REQUIRED ACTION ▸
In the data below, the answer is the run of lines from the line containing "mod actions;" through the line containing "pub use laws::words_ask_one;", both included; print it exactly and nothing else.

Saved entries ▸
BEGIN

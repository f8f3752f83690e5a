//! The words of a command line: what each command of the program asks, and why words ask nothing.
//! It reads them whole before anything is done, for every command in one place.
//! Its contract: exactly the words that spell a command are read, and as that command.
#![tactic(auto)]

mod actions;
mod commands;
mod laws;
mod lines;
mod names;
mod refusals;
mod urls;
mod values;

pub use actions::Action;
pub use commands::{
    AnswerCommand, Command, EditCommand, LogFolder, RehearseCommand, ServeCommand, SyncCommand,
    read_command,
};
pub use laws::words_ask_one;
pub use lines::Place;
pub use names::{Name, OptionName};
pub use refusals::{Cause, Refusal, WordsFault};
pub use urls::Server;
pub use values::Uids;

END

ANSWER SPACE ▸
mod actions;
mod commands;
mod laws;
mod lines;
mod names;
mod refusals;
mod urls;
mod values;

pub use actions::Action;
pub use commands::{
    AnswerCommand, Command, EditCommand, LogFolder, RehearseCommand, ServeCommand, SyncCommand,
    read_command,
};
pub use laws::words_ask_one;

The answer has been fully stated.